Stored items
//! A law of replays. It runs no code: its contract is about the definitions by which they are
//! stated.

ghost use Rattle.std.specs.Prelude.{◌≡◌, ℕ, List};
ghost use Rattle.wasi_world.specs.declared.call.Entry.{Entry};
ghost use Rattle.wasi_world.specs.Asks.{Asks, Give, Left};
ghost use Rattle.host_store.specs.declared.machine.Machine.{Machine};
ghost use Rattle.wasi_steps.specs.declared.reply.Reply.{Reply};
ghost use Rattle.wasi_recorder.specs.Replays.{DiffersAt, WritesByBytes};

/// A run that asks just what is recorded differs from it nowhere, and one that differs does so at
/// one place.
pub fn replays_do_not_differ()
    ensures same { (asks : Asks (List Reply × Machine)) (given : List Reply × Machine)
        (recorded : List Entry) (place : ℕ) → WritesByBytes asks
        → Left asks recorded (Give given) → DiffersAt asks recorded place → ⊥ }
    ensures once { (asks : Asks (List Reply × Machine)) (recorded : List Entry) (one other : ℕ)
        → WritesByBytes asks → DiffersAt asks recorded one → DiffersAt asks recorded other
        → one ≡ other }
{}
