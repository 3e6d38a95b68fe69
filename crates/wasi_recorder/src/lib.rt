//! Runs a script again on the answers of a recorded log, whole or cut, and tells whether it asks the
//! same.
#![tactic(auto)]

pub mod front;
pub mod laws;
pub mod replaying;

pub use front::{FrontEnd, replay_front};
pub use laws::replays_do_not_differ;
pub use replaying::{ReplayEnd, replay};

PROBLEM: Write out all of the records once more, exactly.

WRITTEN RESPONSE:
//! A law of replays. It runs no code: its contract is about the definitions by which they are
//! stated.

ghost use Rattle.std.specs.Prelude.{◌≡◌, ℕ, List};
ghost use Rattle.wasi_world.specs.declared.call.Entry.{Entry};
ghost use Rattle.wasi_world.specs.Asks.{Asks, Give, Left};
ghost use Rattle.host_store.specs.declared.machine.Machine.{Machine};
ghost use Rattle.wasi_steps.specs.declared.reply.Reply.{Reply};
ghost use Rattle.wasi_recorder.specs.Replays.{DiffersAt, WritesByBytes};

/// A run that asks just what is recorded differs from it nowhere, and one that differs does so at
/// one place.
pub fn replays_do_not_differ()
    ensures same { (asks : Asks (List Reply × Machine)) (given : List Reply × Machine)
        (recorded : List Entry) (place : ℕ) → WritesByBytes asks
        → Left asks recorded (Give given) → DiffersAt asks recorded place → ⊥ }
    ensures once { (asks : Asks (List Reply × Machine)) (recorded : List Entry) (one other : ℕ)
        → WritesByBytes asks → DiffersAt asks recorded one → DiffersAt asks recorded other
        → one ≡ other }
{}
repository 3e6d38a95b68fe69
filename crates/wasi_recorder/src/lib.rt
//! Runs a script again on the answers of a recorded log, whole or cut, and tells whether it asks the
//! same.
#![tactic(auto)]

pub mod front;
pub mod laws;
pub mod replaying;

pub use front::{FrontEnd, replay_front};
pub use laws::replays_do_not_differ;
pub use replaying::{ReplayEnd, replay};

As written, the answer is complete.